# Task:
Find the number of lines below in which the word "BodyText" occurs. Write only that number.

# Material for this task:
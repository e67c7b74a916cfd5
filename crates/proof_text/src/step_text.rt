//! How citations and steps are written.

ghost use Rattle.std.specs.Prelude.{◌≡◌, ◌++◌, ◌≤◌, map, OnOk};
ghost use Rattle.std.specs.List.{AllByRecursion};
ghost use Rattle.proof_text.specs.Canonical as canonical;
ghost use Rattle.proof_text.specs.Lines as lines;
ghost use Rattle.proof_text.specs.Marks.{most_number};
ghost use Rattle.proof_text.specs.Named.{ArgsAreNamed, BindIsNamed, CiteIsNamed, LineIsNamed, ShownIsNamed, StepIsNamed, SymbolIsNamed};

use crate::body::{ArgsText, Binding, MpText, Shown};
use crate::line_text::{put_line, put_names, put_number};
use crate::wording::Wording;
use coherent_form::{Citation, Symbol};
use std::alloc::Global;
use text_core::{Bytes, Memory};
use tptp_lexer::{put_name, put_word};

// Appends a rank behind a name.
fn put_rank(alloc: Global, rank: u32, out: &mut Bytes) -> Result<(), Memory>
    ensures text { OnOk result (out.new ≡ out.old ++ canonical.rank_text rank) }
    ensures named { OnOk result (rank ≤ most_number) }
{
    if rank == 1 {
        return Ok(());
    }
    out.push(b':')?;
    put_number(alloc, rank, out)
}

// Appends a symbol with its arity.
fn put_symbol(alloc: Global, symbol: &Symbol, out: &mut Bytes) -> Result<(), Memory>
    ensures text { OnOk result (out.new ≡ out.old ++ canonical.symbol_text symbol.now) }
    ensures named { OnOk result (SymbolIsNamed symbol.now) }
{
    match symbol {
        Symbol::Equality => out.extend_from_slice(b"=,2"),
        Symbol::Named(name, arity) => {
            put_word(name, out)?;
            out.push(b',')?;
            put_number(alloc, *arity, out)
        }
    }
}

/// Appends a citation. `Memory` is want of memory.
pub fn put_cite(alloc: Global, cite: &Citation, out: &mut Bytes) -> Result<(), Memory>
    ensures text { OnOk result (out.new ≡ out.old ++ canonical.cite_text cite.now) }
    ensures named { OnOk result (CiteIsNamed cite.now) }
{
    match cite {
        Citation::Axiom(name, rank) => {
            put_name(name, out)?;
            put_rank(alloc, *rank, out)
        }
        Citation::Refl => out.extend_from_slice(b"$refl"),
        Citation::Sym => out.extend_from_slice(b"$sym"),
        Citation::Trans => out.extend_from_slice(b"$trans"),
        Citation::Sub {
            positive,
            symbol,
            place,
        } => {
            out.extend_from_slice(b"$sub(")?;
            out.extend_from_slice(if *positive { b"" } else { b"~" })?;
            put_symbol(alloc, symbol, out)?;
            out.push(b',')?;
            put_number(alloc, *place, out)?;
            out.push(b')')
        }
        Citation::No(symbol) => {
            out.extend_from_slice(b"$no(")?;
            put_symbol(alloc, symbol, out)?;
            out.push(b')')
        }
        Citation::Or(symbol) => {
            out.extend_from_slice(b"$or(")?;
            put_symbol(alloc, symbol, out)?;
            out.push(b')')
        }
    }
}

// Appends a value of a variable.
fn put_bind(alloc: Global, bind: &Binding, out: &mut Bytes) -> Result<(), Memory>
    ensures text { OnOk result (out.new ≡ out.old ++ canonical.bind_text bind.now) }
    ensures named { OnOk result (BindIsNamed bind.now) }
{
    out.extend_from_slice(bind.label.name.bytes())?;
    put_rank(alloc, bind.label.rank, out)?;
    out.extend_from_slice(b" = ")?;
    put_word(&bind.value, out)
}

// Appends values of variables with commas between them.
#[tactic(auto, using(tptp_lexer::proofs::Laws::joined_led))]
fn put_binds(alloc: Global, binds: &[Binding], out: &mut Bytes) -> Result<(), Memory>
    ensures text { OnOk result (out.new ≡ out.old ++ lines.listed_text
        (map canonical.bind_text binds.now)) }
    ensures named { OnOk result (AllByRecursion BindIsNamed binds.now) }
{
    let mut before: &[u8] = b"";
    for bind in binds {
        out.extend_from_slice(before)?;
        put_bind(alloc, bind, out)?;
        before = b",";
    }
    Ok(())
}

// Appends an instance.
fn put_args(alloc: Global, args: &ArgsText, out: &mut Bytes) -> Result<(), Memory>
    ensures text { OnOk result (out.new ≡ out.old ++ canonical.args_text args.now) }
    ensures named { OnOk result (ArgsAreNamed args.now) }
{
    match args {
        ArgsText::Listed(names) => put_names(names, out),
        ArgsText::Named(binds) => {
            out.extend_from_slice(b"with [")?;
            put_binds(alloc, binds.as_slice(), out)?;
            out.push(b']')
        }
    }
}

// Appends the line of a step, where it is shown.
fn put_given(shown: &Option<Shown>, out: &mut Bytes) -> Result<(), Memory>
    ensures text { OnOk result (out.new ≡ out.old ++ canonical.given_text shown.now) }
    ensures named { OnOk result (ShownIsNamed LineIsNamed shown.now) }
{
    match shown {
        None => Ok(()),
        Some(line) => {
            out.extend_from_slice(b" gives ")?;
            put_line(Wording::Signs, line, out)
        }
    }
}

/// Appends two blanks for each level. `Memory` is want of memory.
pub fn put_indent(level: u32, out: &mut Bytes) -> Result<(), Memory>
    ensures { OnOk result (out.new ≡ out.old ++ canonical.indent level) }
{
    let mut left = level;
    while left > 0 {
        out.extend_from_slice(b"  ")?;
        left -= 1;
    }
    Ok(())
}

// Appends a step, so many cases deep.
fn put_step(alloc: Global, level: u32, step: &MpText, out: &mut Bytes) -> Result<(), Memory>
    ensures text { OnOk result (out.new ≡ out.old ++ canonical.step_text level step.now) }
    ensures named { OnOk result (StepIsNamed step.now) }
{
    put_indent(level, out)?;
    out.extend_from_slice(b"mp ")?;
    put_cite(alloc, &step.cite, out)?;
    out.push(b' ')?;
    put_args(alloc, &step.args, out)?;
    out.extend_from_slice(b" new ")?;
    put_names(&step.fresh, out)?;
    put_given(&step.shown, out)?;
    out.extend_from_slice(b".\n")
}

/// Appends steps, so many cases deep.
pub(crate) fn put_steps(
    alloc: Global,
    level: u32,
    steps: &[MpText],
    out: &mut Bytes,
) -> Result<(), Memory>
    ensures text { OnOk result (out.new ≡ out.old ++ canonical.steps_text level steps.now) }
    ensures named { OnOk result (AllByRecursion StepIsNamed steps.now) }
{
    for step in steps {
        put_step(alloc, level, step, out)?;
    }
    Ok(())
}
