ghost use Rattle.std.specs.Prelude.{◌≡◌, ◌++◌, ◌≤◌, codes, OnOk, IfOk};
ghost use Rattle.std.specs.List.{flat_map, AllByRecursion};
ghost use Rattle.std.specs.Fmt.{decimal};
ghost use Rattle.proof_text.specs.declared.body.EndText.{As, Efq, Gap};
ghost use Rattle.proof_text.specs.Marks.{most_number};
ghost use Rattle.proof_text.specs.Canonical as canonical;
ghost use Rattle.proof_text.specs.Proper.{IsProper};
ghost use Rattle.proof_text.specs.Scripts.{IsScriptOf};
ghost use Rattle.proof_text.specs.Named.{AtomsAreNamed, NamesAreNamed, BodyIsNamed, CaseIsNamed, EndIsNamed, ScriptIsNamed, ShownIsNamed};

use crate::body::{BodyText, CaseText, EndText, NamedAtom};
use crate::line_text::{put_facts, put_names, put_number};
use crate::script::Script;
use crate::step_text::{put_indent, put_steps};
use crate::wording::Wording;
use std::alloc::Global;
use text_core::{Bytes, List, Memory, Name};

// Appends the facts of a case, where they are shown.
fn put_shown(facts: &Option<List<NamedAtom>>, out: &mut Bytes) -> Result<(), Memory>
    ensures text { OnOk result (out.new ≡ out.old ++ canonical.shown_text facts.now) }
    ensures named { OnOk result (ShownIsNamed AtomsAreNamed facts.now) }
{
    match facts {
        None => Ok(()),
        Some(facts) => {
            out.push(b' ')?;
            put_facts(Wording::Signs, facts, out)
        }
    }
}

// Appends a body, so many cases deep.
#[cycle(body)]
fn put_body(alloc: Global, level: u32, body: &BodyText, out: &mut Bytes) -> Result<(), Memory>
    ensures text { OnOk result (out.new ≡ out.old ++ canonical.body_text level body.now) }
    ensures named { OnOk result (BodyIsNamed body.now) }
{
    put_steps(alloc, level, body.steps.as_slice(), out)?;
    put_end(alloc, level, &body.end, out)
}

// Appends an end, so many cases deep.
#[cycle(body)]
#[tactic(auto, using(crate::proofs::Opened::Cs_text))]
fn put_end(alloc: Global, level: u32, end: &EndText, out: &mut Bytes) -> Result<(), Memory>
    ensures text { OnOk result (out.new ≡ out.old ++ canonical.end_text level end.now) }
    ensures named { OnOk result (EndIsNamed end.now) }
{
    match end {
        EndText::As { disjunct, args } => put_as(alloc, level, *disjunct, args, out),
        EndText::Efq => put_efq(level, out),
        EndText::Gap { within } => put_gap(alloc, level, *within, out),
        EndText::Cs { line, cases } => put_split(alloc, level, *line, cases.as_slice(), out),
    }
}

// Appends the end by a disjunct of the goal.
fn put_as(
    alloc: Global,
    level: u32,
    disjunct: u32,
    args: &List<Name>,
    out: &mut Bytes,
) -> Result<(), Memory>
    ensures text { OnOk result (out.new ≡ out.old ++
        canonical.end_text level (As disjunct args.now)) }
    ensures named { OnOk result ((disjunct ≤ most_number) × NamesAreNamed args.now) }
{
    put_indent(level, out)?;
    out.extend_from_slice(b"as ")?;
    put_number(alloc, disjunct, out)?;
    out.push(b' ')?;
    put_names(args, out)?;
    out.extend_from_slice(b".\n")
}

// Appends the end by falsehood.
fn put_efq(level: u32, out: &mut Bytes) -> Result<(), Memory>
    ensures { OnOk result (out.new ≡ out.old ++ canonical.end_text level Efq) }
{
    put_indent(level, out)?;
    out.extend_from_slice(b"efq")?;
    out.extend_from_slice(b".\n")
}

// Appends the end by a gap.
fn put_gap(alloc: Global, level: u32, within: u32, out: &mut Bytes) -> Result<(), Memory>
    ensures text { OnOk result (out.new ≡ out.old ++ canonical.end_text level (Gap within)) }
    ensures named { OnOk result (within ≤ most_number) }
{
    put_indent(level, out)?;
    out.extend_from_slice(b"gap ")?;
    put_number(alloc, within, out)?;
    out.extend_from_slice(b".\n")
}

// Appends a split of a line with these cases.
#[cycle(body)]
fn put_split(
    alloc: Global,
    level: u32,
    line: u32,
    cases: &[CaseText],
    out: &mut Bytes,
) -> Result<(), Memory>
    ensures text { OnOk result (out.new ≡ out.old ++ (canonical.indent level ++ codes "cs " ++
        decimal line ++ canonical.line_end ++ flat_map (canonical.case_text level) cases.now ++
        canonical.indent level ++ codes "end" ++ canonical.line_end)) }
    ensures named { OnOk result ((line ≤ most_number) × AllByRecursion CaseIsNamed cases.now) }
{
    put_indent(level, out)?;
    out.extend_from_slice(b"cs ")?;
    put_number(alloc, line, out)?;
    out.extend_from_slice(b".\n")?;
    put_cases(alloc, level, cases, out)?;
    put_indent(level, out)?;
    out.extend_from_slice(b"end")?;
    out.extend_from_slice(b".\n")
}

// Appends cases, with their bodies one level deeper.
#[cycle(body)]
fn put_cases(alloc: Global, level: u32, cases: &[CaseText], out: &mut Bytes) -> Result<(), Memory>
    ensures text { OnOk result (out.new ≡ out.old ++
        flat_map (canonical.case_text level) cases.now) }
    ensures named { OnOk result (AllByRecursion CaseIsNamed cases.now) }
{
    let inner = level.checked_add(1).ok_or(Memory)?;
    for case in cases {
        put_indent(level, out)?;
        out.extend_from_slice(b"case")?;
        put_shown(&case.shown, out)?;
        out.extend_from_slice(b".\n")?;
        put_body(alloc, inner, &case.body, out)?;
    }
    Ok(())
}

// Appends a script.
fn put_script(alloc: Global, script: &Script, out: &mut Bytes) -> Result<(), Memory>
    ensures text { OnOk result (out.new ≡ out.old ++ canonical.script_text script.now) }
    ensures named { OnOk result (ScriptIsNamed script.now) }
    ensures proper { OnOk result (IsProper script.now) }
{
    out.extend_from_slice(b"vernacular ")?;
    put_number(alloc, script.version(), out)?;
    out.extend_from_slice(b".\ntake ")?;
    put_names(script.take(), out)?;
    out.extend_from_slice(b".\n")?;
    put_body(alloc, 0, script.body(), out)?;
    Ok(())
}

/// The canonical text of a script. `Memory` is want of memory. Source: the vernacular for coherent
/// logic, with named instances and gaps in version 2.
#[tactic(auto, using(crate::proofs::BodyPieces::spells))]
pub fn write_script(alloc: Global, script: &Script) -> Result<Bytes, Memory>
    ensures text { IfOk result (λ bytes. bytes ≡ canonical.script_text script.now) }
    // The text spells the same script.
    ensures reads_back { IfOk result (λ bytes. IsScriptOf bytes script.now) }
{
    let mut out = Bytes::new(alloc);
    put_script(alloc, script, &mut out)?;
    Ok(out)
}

# The answer:
2